[[ Dataset content, beginning ]]

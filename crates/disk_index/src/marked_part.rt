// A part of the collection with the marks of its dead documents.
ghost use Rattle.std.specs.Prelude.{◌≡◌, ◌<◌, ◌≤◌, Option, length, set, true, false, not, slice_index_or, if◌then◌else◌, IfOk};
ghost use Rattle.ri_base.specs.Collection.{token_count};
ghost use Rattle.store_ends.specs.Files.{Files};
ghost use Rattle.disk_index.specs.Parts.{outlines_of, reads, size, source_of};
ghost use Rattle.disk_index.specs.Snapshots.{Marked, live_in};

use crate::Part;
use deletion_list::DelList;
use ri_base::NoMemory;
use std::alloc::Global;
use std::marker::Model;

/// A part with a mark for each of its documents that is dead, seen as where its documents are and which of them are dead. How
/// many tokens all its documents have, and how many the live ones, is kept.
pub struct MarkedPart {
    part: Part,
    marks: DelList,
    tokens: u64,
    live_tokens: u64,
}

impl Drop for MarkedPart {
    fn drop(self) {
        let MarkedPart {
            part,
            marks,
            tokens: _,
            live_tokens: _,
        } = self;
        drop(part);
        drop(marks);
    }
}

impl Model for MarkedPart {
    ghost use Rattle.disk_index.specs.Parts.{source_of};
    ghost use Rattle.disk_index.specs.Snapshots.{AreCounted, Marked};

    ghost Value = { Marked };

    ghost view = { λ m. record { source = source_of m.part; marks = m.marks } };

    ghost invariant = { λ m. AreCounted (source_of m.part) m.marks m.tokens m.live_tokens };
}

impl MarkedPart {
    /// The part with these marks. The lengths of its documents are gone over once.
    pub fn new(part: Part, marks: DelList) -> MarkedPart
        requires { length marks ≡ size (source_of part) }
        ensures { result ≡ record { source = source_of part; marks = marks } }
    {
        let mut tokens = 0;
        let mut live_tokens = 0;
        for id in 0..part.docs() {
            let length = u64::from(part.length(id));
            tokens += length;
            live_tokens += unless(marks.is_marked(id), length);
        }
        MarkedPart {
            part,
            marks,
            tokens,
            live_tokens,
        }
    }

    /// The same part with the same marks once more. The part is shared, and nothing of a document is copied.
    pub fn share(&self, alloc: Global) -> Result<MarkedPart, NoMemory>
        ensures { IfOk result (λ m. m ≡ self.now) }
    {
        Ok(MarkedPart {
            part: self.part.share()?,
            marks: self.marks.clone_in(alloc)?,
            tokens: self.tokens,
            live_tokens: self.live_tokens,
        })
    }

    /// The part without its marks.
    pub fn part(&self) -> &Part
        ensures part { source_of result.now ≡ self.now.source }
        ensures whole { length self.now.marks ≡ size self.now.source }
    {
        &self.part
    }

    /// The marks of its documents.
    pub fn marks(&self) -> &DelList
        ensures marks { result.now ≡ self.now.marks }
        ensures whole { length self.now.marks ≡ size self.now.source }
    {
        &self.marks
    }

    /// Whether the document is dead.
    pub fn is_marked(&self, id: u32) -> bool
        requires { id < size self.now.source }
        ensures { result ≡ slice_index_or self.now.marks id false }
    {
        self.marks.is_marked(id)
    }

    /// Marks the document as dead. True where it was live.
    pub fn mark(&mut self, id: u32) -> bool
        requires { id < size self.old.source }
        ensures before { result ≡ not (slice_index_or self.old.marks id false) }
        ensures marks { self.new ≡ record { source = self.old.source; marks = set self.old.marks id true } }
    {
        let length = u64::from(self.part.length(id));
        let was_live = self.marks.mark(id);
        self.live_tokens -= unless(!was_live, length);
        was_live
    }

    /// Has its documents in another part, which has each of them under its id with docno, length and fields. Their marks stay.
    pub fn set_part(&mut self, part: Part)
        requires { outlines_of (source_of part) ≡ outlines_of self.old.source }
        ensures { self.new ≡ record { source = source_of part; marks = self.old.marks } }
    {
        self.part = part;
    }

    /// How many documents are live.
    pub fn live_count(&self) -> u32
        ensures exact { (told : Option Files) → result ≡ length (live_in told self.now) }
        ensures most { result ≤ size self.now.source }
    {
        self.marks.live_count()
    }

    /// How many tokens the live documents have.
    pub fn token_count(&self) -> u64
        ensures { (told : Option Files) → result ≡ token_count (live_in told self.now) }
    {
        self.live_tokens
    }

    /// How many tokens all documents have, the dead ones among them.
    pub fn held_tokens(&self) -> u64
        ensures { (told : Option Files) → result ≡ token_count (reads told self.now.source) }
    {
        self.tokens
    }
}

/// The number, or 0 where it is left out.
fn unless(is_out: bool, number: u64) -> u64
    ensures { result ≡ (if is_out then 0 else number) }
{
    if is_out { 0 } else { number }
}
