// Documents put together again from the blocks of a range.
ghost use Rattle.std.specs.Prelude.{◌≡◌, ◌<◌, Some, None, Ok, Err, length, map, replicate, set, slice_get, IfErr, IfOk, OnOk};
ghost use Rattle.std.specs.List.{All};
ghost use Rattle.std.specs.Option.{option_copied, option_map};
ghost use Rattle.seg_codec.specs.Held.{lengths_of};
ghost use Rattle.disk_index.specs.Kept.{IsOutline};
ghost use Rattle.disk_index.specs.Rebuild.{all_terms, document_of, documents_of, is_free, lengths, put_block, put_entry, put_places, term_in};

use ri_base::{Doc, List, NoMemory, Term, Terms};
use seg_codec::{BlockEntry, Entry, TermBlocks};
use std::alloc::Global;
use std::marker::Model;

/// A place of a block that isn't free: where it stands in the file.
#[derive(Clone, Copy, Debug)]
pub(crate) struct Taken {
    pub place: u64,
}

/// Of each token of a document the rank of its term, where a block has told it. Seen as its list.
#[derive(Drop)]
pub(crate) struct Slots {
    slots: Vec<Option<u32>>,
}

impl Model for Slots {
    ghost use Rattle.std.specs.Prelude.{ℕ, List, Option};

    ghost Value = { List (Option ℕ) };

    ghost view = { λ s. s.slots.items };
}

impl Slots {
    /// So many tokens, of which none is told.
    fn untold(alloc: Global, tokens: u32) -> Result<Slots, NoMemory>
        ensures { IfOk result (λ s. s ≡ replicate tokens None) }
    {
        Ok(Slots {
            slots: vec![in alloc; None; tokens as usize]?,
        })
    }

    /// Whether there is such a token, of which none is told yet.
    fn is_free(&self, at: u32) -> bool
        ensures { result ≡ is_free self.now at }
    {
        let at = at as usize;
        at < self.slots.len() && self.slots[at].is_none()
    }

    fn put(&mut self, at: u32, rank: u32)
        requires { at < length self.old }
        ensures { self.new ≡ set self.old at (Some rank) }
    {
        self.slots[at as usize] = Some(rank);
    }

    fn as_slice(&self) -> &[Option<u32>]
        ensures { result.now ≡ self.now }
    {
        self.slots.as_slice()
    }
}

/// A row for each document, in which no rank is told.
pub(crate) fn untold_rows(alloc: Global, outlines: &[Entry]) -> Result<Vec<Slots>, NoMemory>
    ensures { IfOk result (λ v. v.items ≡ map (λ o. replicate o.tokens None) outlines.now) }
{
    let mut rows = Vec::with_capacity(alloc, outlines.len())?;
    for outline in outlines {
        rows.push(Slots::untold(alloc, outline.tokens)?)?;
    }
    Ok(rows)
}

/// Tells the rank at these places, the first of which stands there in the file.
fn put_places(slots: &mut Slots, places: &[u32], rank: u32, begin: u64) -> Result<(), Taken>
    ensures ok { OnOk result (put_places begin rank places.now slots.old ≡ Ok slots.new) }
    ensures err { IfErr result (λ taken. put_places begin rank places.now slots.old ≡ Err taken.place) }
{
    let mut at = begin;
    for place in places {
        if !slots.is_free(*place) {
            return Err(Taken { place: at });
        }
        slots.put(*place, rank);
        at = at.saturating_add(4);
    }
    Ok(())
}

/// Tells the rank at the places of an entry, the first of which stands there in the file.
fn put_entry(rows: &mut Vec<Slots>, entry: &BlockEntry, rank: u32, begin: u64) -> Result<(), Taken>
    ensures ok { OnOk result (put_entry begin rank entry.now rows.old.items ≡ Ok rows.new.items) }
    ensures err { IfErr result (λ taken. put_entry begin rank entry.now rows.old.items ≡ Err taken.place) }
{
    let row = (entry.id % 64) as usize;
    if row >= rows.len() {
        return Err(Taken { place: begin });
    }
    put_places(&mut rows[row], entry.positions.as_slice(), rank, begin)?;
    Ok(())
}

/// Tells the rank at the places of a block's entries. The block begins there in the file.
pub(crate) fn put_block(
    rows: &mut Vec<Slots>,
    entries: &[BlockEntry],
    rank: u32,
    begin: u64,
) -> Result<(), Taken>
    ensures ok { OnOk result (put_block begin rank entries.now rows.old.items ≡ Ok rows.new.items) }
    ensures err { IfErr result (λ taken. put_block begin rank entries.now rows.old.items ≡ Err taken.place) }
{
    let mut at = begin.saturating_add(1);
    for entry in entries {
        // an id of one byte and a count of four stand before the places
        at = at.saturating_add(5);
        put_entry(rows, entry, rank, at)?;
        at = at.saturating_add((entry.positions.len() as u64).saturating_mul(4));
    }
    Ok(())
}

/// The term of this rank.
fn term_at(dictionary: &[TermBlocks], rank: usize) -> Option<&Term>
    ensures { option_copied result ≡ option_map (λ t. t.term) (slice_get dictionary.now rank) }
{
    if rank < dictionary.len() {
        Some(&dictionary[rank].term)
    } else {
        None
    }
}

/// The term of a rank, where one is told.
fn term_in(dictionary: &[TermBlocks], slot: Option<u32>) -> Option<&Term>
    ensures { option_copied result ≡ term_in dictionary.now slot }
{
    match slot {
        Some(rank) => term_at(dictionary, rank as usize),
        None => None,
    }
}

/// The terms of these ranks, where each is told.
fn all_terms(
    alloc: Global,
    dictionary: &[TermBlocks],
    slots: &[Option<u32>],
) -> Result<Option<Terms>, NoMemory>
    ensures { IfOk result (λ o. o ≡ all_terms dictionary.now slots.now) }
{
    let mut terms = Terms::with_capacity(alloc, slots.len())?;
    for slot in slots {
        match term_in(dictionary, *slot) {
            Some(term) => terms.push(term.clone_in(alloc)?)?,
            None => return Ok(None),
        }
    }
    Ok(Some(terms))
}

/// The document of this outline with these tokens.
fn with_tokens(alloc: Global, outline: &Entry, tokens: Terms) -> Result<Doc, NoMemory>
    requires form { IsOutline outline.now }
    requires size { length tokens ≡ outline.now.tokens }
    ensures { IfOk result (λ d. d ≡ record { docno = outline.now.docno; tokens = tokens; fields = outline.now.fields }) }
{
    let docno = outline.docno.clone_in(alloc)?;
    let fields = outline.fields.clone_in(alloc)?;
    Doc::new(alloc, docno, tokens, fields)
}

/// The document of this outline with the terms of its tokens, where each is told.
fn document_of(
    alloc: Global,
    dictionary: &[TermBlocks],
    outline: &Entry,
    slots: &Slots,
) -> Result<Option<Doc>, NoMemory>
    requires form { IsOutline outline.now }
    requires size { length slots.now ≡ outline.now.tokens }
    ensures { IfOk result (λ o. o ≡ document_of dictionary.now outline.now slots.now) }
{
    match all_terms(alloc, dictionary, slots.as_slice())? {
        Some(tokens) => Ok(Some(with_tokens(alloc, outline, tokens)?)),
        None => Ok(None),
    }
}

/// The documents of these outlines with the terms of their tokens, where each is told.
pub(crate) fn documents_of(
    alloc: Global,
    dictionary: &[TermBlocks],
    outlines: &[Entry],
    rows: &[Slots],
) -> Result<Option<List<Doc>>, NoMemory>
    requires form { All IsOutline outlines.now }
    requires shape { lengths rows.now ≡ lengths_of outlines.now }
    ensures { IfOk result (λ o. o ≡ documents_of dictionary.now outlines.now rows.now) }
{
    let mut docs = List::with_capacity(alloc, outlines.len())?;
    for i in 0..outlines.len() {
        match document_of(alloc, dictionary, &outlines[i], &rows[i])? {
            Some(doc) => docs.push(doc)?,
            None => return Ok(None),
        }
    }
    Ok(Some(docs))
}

[[ Dataset content, end ]]

**Exercise requirements**
Exact duplication is required for the lines above, from the line that contains "< size self.old.source" to the line that contains "result ≤ size", inclusive; omit all others.

**Solution**
        requires { id < size self.old.source }
        ensures before { result ≡ not (slice_index_or self.old.marks id false) }
        ensures marks { self.new ≡ record { source = self.old.source; marks = set self.old.marks id true } }
    {
        let length = u64::from(self.part.length(id));
        let was_live = self.marks.mark(id);
        self.live_tokens -= unless(!was_live, length);
        was_live
    }

    /// Has its documents in another part, which has each of them under its id with docno, length and fields. Their marks stay.
    pub fn set_part(&mut self, part: Part)
        requires { outlines_of (source_of part) ≡ outlines_of self.old.source }
        ensures { self.new ≡ record { source = source_of part; marks = self.old.marks } }
    {
        self.part = part;
    }

    /// How many documents are live.
    pub fn live_count(&self) -> u32
        ensures exact { (told : Option Files) → result ≡ length (live_in told self.now) }
        ensures most { result ≤ size self.now.source }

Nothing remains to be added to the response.